I just purchased some Amano Shrimp at Hacienda Aquatics in Southern California. Awesome little shrimp! I think they should be added to any planted (heck, even unplanted) tanks when possible! Diligent little cleaners. Love 'em!


----------



## richy (Nov 8, 2004)

couldn't agree with you more... now if i could only get them to breed and build the shrimp kingdom.


----------



## trenac (Jul 16, 2004)

Great algae eaters... They bread easily it is just raising the young that the hard part.


----------



## turtlehead (Nov 27, 2004)

I live near that area, is that place worth going to? and do they have a lot of plants?


----------



## Black oranda (Dec 28, 2004)

Yup there so cute, i also love them. I don't recomend 
having them in an unplanted tank they need places to hide 
or else they don't feel safe.


----------



## Black oranda (Dec 28, 2004)

Yup there so cute, i also love them.

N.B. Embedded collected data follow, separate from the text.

//! Options of a command.
ghost use Rattle.std.specs.Prelude.{◌≡◌, ◌≤◌, ◌+◌, ◌-◌, length};
ghost use Rattle.std.specs.List.{take_while};
ghost use Rattle.sudo_grammar.specs.Words as words;
ghost use Rattle.review_texts.specs.Options as spec;

use crate::bytes::{from, is_blank, is_control, is_digit, is_mark_byte, is_text, peek, skip};

// Whether an option says how a command runs, and not who may run it.
fn is_exact_option(name: &[u8]) -> bool
    ensures { result ≡ spec.is_exact_option name.now }
{
    is_text(name, b"CWD")
        || is_text(name, b"TIMEOUT")
        || is_text(name, b"ROLE")
        || is_text(name, b"TYPE")
}

// Whether an option says below which root a command is, or when it may be run.
fn is_noted_option(name: &[u8]) -> bool
    ensures { result ≡ spec.is_noted_option name.now }
{
    is_text(name, b"CHROOT") || is_text(name, b"NOTBEFORE") || is_text(name, b"NOTAFTER")
}

// Whether an option is masked: if `noted`, also one that says below which root a command is, or when it may be run.
fn is_option(noted: bool, name: &[u8]) -> bool
    ensures { result ≡ spec.is_option noted name.now }
{
    is_exact_option(name) || (noted && is_noted_option(name))
}

// Whether a byte may stand in a value.
fn is_value_byte(byte: u8) -> bool
    ensures { result ≡ spec.is_value_byte byte }
{
    !(is_blank(byte)
        || is_mark_byte(byte)
        || is_control(byte)
        || byte == b'"'
        || byte == b'#'
        || byte == b'>'
        || byte == b'\\')
}

// Whether CWD and CHROOT take a value.
fn is_directory(value: &[u8]) -> bool
    ensures { result ≡ spec.is_directory value.now }
{
    is_text(value, b"*") || peek(value, 0) == b'/' || peek(value, 0) == b'~'
}

// Returns the number of digits that a value begins with.
fn digit_count(value: &[u8]) -> usize
    ensures count { result ≡ spec.digit_count value.now }
    ensures within { result ≤ length value.now }
{
    value.iter().take_while(|b| is_digit(**b)).count()
}

// Whether one to four digits begin a value.
fn has_count(value: &[u8]) -> bool
    ensures { result ≡ spec.has_count value.now }
{
    let count = digit_count(value);
    1 <= count && count <= 4
}

// Whether a byte is a letter, in either case.
fn is_letter(letter: u8, byte: u8) -> bool
    ensures { result ≡ spec.is_letter letter byte }
{
    byte == letter || byte as u32 + 32 == letter as u32
}

// Whether a value is counts of some of these units, in their order, each with the unit's letter, and then nothing or a
// count of seconds.
fn is_time_in(units: &[u8], value: &[u8]) -> bool
    ensures { result ≡ spec.is_time_in units.now value.now }
{
    match units {
        [] => value.is_empty() || (has_count(value) && digit_count(value) == value.len()),
        [unit, units @ ..] => {
            is_time_in(units, value)
                || (has_count(value)
                    && is_letter(*unit, peek(value, digit_count(value)))
                    && is_time_in(units, from(value, digit_count(value) + 1)))
        }
    }
}

// Whether TIMEOUT takes a value.
fn is_time(value: &[u8]) -> bool
    ensures { result ≡ spec.is_time value.now }
{
    !value.is_empty() && is_time_in(b"dhms", value)
}

// Whether a value is a date of this many digits, and then nothing or `Z`.
fn is_date_of(count: usize, value: &[u8]) -> bool
    ensures { result ≡ spec.is_date_of count value.now }
{
    digit_count(value) == count && (value.len() == count || is_text(from(value, count), b"Z"))
}

// Whether NOTBEFORE and NOTAFTER take a value.
fn is_date(value: &[u8]) -> bool
    ensures { result ≡ spec.is_date value.now }
{
    b'2' <= peek(value, 0)
        && (is_date_of(10, value) || is_date_of(12, value) || is_date_of(14, value))
}

/// Whether a byte is a lower-case letter.
pub(crate) fn is_lower(byte: u8) -> bool
    ensures { result ≡ spec.is_lower byte }
{
    b'a' <= byte && byte <= b'z'
}

// Whether a word of sudoers itself begins so.
fn is_reserved(value: &[u8]) -> bool
    ensures { result ≡ spec.is_reserved value.now }
{
    is_text(value, b"sudoedit")
        || is_text(value, b"sha224")
        || is_text(value, b"sha256")
        || is_text(value, b"sha384")
        || is_text(value, b"sha512")
}

// Whether any other option takes a value.
fn is_plain_value(value: &[u8]) -> bool
    ensures { result ≡ spec.is_plain_value value.now }
{
    is_lower(peek(value, 0)) && !is_reserved(value)
}

// Whether an option takes a value.
fn takes(option: &[u8], value: &[u8]) -> bool
    ensures { result ≡ spec.takes option.now value.now }
{
    if is_text(option, b"CWD") || is_text(option, b"CHROOT") {
        is_directory(value)
    } else if is_text(option, b"TIMEOUT") {
        is_time(value)
    } else if is_text(option, b"NOTBEFORE") || is_text(option, b"NOTAFTER") {
        is_date(value)
    } else {
        is_plain_value(value)
    }
}

/// Whether a byte may stand in a name.
pub(crate) fn is_name_byte(byte: u8) -> bool
    ensures { result ≡ words.is_name_byte byte }
{
    byte.is_ascii_uppercase() || byte.is_ascii_digit() || byte == b'_'
}

// Returns the number of bytes of a name that begin a text.
fn name_len(text: &[u8]) -> usize
    ensures len { result ≡ length (take_while words.is_name_byte text.now) }
    ensures within { result ≤ length text.now }
{
    text.iter().take_while(|b| is_name_byte(**b)).count()
}

/// Returns the name at an offset: upper-case letters, digits and underscores.
#[tactic(auto, using(crate::proofs::Fronts::take_front))]
pub(crate) fn name_at(text: &[u8], at: usize) -> &[u8]
    requires { at ≤ length text.now }
    ensures name { result.now ≡ spec.name_at text.now at }
    ensures within { at + length result.now ≤ length text.now }
{
    let rest = from(text, at);
    &rest[..name_len(rest)]
}

/// Returns the offset after the name at an offset.
pub(crate) fn name_end(text: &[u8], at: usize) -> usize
    requires { at ≤ length text.now }
    ensures end { result ≡ spec.name_end text.now at }
    ensures within { result ≤ length text.now }
{
    at + name_at(text, at).len()
}

// Returns the offset after that name at which `=` is expected.
fn equals_of(text: &[u8], at: usize) -> usize
    requires { at ≤ length text.now }
    ensures equals { result ≡ spec.equals_of text.now at }
    ensures within { result ≤ length text.now }
{
    skip(text, name_end(text, at))
}

/// Returns the offset at which the value of the option at an offset is expected.
pub(crate) fn value_of(text: &[u8], at: usize) -> usize
    requires { at ≤ length text.now }
    ensures value { result ≡ spec.value_of text.now at }
    ensures within { result ≤ length text.now + 1 }
{
    skip(text, equals_of(text, at) + 1)
}

// Returns the number of bytes of a value that begin a text.
fn value_len(text: &[u8]) -> usize
    ensures len { result ≡ length (take_while spec.is_value_byte text.now) }
    ensures within { result ≤ length text.now }
{
    text.iter().take_while(|b| is_value_byte(**b)).count()
}

/// Returns the value at an offset.
#[tactic(auto, using(crate::proofs::Fronts::take_front))]
pub(crate) fn value_at(text: &[u8], at: usize) -> &[u8]
    ensures value { result.now ≡ spec.value_at text.now at }
    ensures within { length result.now ≤ length text.now - at }
{
    let rest = from(text, at);
    &rest[..value_len(rest)]
}

/// Returns the offset after the value of the option at an offset.
pub(crate) fn option_end(text: &[u8], at: usize) -> usize
    requires { at ≤ length text.now }
    ensures end { result ≡ spec.option_end text.now at }
    ensures within { result ≤ length text.now + 1 }
{
    let start = value_of(text, at);
    start + value_at(text, start).len()
}

/// Whether an option is spelled at an offset, with a blank after it, and no runas behind that. Looks first whether a name
/// begins there, so that each one is read once.
#[tactic(auto, unfolding(crate::specs::Options::spells_option))]
pub(crate) fn spells_option(noted: bool, text: &[u8], at: usize) -> bool
    requires { at ≤ length text.now }
    ensures { result ≡ spec.spells_option noted text.now at }
{
    !is_name_byte(peek(text, at.saturating_sub(1)))
        && is_option(noted, name_at(text, at))
        && peek(text, equals_of(text, at)) == b'='
        && takes(name_at(text, at), value_at(text, value_of(text, at)))
        && is_blank(peek(text, option_end(text, at)))
        && peek(text, skip(text, option_end(text, at))) != b'('
}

I don't recomend 
having them in an unplanted tank they need places to hide 
or else they don't feel safe.


----------



## turtlehead (Nov 27, 2004)

I mean does the store sell a variety of plants and my tank is flly planted.


----------



## SnyperP (Dec 10, 2004)

My first trip there. They really didn't have too many plants at the time. They had a alot of anubis, java moss (overran two tanks), some java lace, jern, anarchis. Nothing too great. I heard they sometimes have glosso and ricca, but they didn't have any that time.


----------



## turtlehead (Nov 27, 2004)

oo ok thats nice I'm going there this weekend.


----------